About this task
Restate each record exactly as it was written.

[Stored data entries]
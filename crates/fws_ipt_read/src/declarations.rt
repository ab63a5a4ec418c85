//! Declarations of chains, as `:INPUT DROP [0:0]` and `:web - [0:0]` (iptables-save(8)).

ghost use Rattle.std.specs.Prelude.{◌≡◌, Option, Some, None, false, IfOk, OnOk};
ghost use Rattle.fws_net.specs.Reading.{CauseGiven, StepGiven};
ghost use Rattle.fws_ipt.specs.declared.draft.IptDraft.{IptDraft};
ghost use Rattle.fws_ipt.specs.RuleText.{chain_from};
ghost use Rattle.fws_ipt.specs.FileText.{alone, ends_declaration, with_builtin, policy_named, policy_of, builtin_line, user_line, is_declared, builtin_declared, user_declared, declared_in, chain_line};

use crate::counters::is_counters;
use crate::hooks::{builtin_hook, may_drop};
use crate::progress::Progress;
use fws_ipt::{Hook, IptTable, Section};
use fws_net::{Cause, ReadFault};
use fws_num::{Memory, Word, value_named};
use fws_rules::demand;
use std::alloc::Global;

/// Policies by their names: whether they accept.
const POLICIES: [(&[u8], bool); 2] = [(b"ACCEPT", true), (b"DROP", false)];

/// Judges that no word stands behind.
pub(crate) fn alone(words: &[Word]) -> Result<(), ReadFault>
    ensures { (d : IptDraft) → StepGiven result d (alone words.now d) }
{
    match words {
        [] => Ok(()),
        [_, ..] => Err(ReadFault::Bad(Cause::Syntax)),
    }
}

/// Judges what stands behind a policy: its counters, or nothing.
fn ends_declaration(words: &[Word]) -> Result<(), ReadFault>
    ensures { (d : IptDraft) → StepGiven result d (ends_declaration words.now d) }
{
    let [word, rest @ ..] = words else {
        return Ok(());
    };
    if !word.is_sound() || !is_counters(word.text.as_slice()) {
        return Err(ReadFault::Bad(Cause::Syntax));
    }
    alone(rest)
}

/// Declares a built-in chain of the table.
fn declare_builtin(
    alloc: Global,
    reader: &mut Progress,
    section: Section,
    hook: Hook,
    name: &[u8],
    accepts: bool,
) -> Result<(), Memory>
    requires { is_declared section hook name.now reader.old ≡ false }
    ensures { OnOk result (reader.new ≡ with_builtin section hook name.now accepts reader.old) }
{
    match section {
        Section::Met(table) => reader.declare(alloc, table, name, Some(accepts)),
        Section::Raw | Section::Security => reader.declare_other(section, hook),
    }
}

/// Whether the policy of this name accepts.
#[tactic(auto, unfolding(fws_ipt::specs::FileText::policy_named))]
fn policy_named(text: &[u8]) -> Option<bool>
    ensures { result ≡ policy_named text.now }
{
    value_named(&POLICIES, text)
}

/// The policy of a built-in chain: whether its end accepts.
fn read_policy(section: Section, text: &[u8]) -> Result<bool, ReadFault>
    ensures { CauseGiven result (policy_of section text.now) }
{
    let accepts = demand(policy_named(text))?;
    if accepts || may_drop(section) {
        Ok(accepts)
    } else {
        Err(ReadFault::Bad(Cause::LeftOut))
    }
}

/// Takes what stands behind the name of a built-in chain.
fn builtin_line(
    alloc: Global,
    reader: &mut Progress,
    section: Section,
    hook: Hook,
    name: &[u8],
    words: &[Word],
) -> Result<(), ReadFault>
    requires { is_declared section hook name.now reader.old ≡ false }
    ensures { StepGiven result reader.new (builtin_line section hook name.now words.now reader.old) }
{
    let [word, rest @ ..] = words else {
        return Err(ReadFault::Bad(Cause::Syntax));
    };
    if !word.is_sound() {
        return Err(ReadFault::Bad(Cause::Syntax));
    }
    let accepts = read_policy(section, word.text.as_slice())?;
    declare_builtin(alloc, reader, section, hook, name, accepts)?;
    ends_declaration(rest)
}

/// Takes what stands behind the name of a chain of the user's.
fn user_line(
    alloc: Global,
    reader: &mut Progress,
    table: IptTable,
    name: &[u8],
    words: &[Word],
) -> Result<(), ReadFault>
    requires { chain_from 0 table name.now reader.old.chains ≡ None }
    ensures { StepGiven result reader.new (user_line table name.now words.now reader.old) }
{
    let [word, rest @ ..] = words else {
        return Err(ReadFault::Bad(Cause::Syntax));
    };
    if !word.is_sound() || !word.is(b"-") {
        return Err(ReadFault::Bad(Cause::Syntax));
    }
    reader.declare(alloc, table, name, None)?;
    ends_declaration(rest)
}

/// Whether the built-in chain was declared before.
fn is_declared(
    alloc: Global,
    reader: &Progress,
    section: Section,
    hook: Hook,
    name: &[u8],
) -> Result<bool, Memory>
    ensures { IfOk result (λ b. b ≡ is_declared section hook name.now reader.now) }
{
    match section {
        Section::Met(table) => Ok(reader.find(alloc, table, name)?.is_some()),
        Section::Raw | Section::Security => Ok(reader.has_other(section, hook)),
    }
}

/// Takes the declaration of a chain of the table at a hook.
fn builtin_declared(
    alloc: Global,
    reader: &mut Progress,
    section: Section,
    hook: Hook,
    name: &[u8],
    words: &[Word],
) -> Result<(), ReadFault>
    ensures { StepGiven result reader.new (builtin_declared section hook name.now words.now reader.old) }
{
    if is_declared(alloc, reader, section, hook, name)? {
        return Err(ReadFault::Bad(Cause::Syntax));
    }
    builtin_line(alloc, reader, section, hook, name, words)
}

/// Takes the declaration of a chain of the user's, which has a name, and which raw and security
/// don't have.
fn user_declared(
    alloc: Global,
    reader: &mut Progress,
    section: Section,
    name: &[u8],
    words: &[Word],
) -> Result<(), ReadFault>
    ensures { StepGiven result reader.new (user_declared section name.now words.now reader.old) }
{
    if name.is_empty() {
        return Err(ReadFault::Bad(Cause::Syntax));
    }
    let Section::Met(table) = section else {
        return Err(ReadFault::Bad(Cause::LeftOut));
    };
    if reader.find(alloc, table, name)?.is_some() {
        return Err(ReadFault::Bad(Cause::Syntax));
    }
    user_line(alloc, reader, table, name, words)
}

/// Takes the declaration of a chain in the table that is open.
fn declared_in(
    alloc: Global,
    reader: &mut Progress,
    section: Section,
    name: &[u8],
    words: &[Word],
) -> Result<(), ReadFault>
    ensures { StepGiven result reader.new (declared_in section name.now words.now reader.old) }
{
    match builtin_hook(section, name) {
        Some(hook) => builtin_declared(alloc, reader, section, hook, name, words),
        None => user_declared(alloc, reader, section, name, words),
    }
}

/// Takes `:C POLICY`, of which this is the name, within a table.
pub(crate) fn chain_line(
    alloc: Global,
    reader: &mut Progress,
    name: &[u8],
    words: &[Word],
) -> Result<(), ReadFault>
    ensures { StepGiven result reader.new (chain_line name.now words.now reader.old) }
{
    match reader.within() {
        Some(section) => declared_in(alloc, reader, section, name, words),
        None => Err(ReadFault::Bad(Cause::Syntax)),
    }
}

Output of the task
filename crates/fws_ipt_read/src/declarations.rt
repository ab63a5a4ec418c85
//! Declarations of chains, as `:INPUT DROP [0:0]` and `:web - [0:0]` (iptables-save(8)).

ghost use Rattle.std.specs.Prelude.{◌≡◌, Option, Some, None, false, IfOk, OnOk};
ghost use Rattle.fws_net.specs.Reading.{CauseGiven, StepGiven};
ghost use Rattle.fws_ipt.specs.declared.draft.IptDraft.{IptDraft};
ghost use Rattle.fws_ipt.specs.RuleText.{chain_from};
ghost use Rattle.fws_ipt.specs.FileText.{alone, ends_declaration, with_builtin, policy_named, policy_of, builtin_line, user_line, is_declared, builtin_declared, user_declared, declared_in, chain_line};

use crate::counters::is_counters;
use crate::hooks::{builtin_hook, may_drop};
use crate::progress::Progress;
use fws_ipt::{Hook, IptTable, Section};
use fws_net::{Cause, ReadFault};
use fws_num::{Memory, Word, value_named};
use fws_rules::demand;
use std::alloc::Global;

/// Policies by their names: whether they accept.
const POLICIES: [(&[u8], bool); 2] = [(b"ACCEPT", true), (b"DROP", false)];

/// Judges that no word stands behind.
pub(crate) fn alone(words: &[Word]) -> Result<(), ReadFault>
    ensures { (d : IptDraft) → StepGiven result d (alone words.now d) }
{
    match words {
        [] => Ok(()),
        [_, ..] => Err(ReadFault::Bad(Cause::Syntax)),
    }
}

/// Judges what stands behind a policy: its counters, or nothing.
fn ends_declaration(words: &[Word]) -> Result<(), ReadFault>
    ensures { (d : IptDraft) → StepGiven result d (ends_declaration words.now d) }
{
    let [word, rest @ ..] = words else {
        return Ok(());
    };
    if !word.is_sound() || !is_counters(word.text.as_slice()) {
        return Err(ReadFault::Bad(Cause::Syntax));
    }
    alone(rest)
}

/// Declares a built-in chain of the table.
fn declare_builtin(
    alloc: Global,
    reader: &mut Progress,
    section: Section,
    hook: Hook,
    name: &[u8],
    accepts: bool,
) -> Result<(), Memory>
    requires { is_declared section hook name.now reader.old ≡ false }
    ensures { OnOk result (reader.new ≡ with_builtin section hook name.now accepts reader.old) }
{
    match section {
        Section::Met(table) => reader.declare(alloc, table, name, Some(accepts)),
        Section::Raw | Section::Security => reader.declare_other(section, hook),
    }
}

/// Whether the policy of this name accepts.
#[tactic(auto, unfolding(fws_ipt::specs::FileText::policy_named))]
fn policy_named(text: &[u8]) -> Option<bool>
    ensures { result ≡ policy_named text.now }
{
    value_named(&POLICIES, text)
}

/// The policy of a built-in chain: whether its end accepts.
fn read_policy(section: Section, text: &[u8]) -> Result<bool, ReadFault>
    ensures { CauseGiven result (policy_of section text.now) }
{
    let accepts = demand(policy_named(text))?;
    if accepts || may_drop(section) {
        Ok(accepts)
    } else {
        Err(ReadFault::Bad(Cause::LeftOut))
    }
}

/// Takes what stands behind the name of a built-in chain.
fn builtin_line(
    alloc: Global,
    reader: &mut Progress,
    section: Section,
    hook: Hook,
    name: &[u8],
    words: &[Word],
) -> Result<(), ReadFault>
    requires { is_declared section hook name.now reader.old ≡ false }
    ensures { StepGiven result reader.new (builtin_line section hook name.now words.now reader.old) }
{
    let [word, rest @ ..] = words else {
        return Err(ReadFault::Bad(Cause::Syntax));
    };
    if !word.is_sound() {
        return Err(ReadFault::Bad(Cause::Syntax));
    }
    let accepts = read_policy(section, word.text.as_slice())?;
    declare_builtin(alloc, reader, section, hook, name, accepts)?;
    ends_declaration(rest)
}

/// Takes what stands behind the name of a chain of the user's.
fn user_line(
    alloc: Global,
    reader: &mut Progress,
    table: IptTable,
    name: &[u8],
    words: &[Word],
) -> Result<(), ReadFault>
    requires { chain_from 0 table name.now reader.old.chains ≡ None }
    ensures { StepGiven result reader.new (user_line table name.now words.now reader.old) }
{
    let [word, rest @ ..] = words else {
        return Err(ReadFault::Bad(Cause::Syntax));
    };
    if !word.is_sound() || !word.is(b"-") {
        return Err(ReadFault::Bad(Cause::Syntax));
    }
    reader.declare(alloc, table, name, None)?;
    ends_declaration(rest)
}

/// Whether the built-in chain was declared before.
fn is_declared(
    alloc: Global,
    reader: &Progress,
    section: Section,
    hook: Hook,
    name: &[u8],
) -> Result<bool, Memory>
    ensures { IfOk result (λ b. b ≡ is_declared section hook name.now reader.now) }
{
    match section {
        Section::Met(table) => Ok(reader.find(alloc, table, name)?.is_some()),
        Section::Raw | Section::Security => Ok(reader.has_other(section, hook)),
    }
}

/// Takes the declaration of a chain of the table at a hook.
fn builtin_declared(
    alloc: Global,
    reader: &mut Progress,
    section: Section,
    hook: Hook,
    name: &[u8],
    words: &[Word],
) -> Result<(), ReadFault>
    ensures { StepGiven result reader.new (builtin_declared section hook name.now words.now reader.old) }
{
    if is_declared(alloc, reader, section, hook, name)? {
        return Err(ReadFault::Bad(Cause::Syntax));
    }
    builtin_line(alloc, reader, section, hook, name, words)
}

/// Takes the declaration of a chain of the user's, which has a name, and which raw and security
/// don't have.
fn user_declared(
    alloc: Global,
    reader: &mut Progress,
    section: Section,
    name: &[u8],
    words: &[Word],
) -> Result<(), ReadFault>
    ensures { StepGiven result reader.new (user_declared section name.now words.now reader.old) }
{
    if name.is_empty() {
        return Err(ReadFault::Bad(Cause::Syntax));
    }
    let Section::Met(table) = section else {
        return Err(ReadFault::Bad(Cause::LeftOut));
    };
    if reader.find(alloc, table, name)?.is_some() {
        return Err(ReadFault::Bad(Cause::Syntax));
    }
    user_line(alloc, reader, table, name, words)
}

/// Takes the declaration of a chain in the table that is open.
fn declared_in(
    alloc: Global,
    reader: &mut Progress,
    section: Section,
    name: &[u8],
    words: &[Word],
) -> Result<(), ReadFault>
    ensures { StepGiven result reader.new (declared_in section name.now words.now reader.old) }
{
    match builtin_hook(section, name) {
        Some(hook) => builtin_declared(alloc, reader, section, hook, name, words),
        None => user_declared(alloc, reader, section, name, words),
    }
}

/// Takes `:C POLICY`, of which this is the name, within a table.
pub(crate) fn chain_line(
    alloc: Global,
    reader: &mut Progress,
    name: &[u8],
    words: &[Word],
) -> Result<(), ReadFault>
    ensures { StepGiven result reader.new (chain_line name.now words.now reader.old) }
{
    match reader.within() {
        Some(section) => declared_in(alloc, reader, section, name, words),
        None => Err(ReadFault::Bad(Cause::Syntax)),
    }
}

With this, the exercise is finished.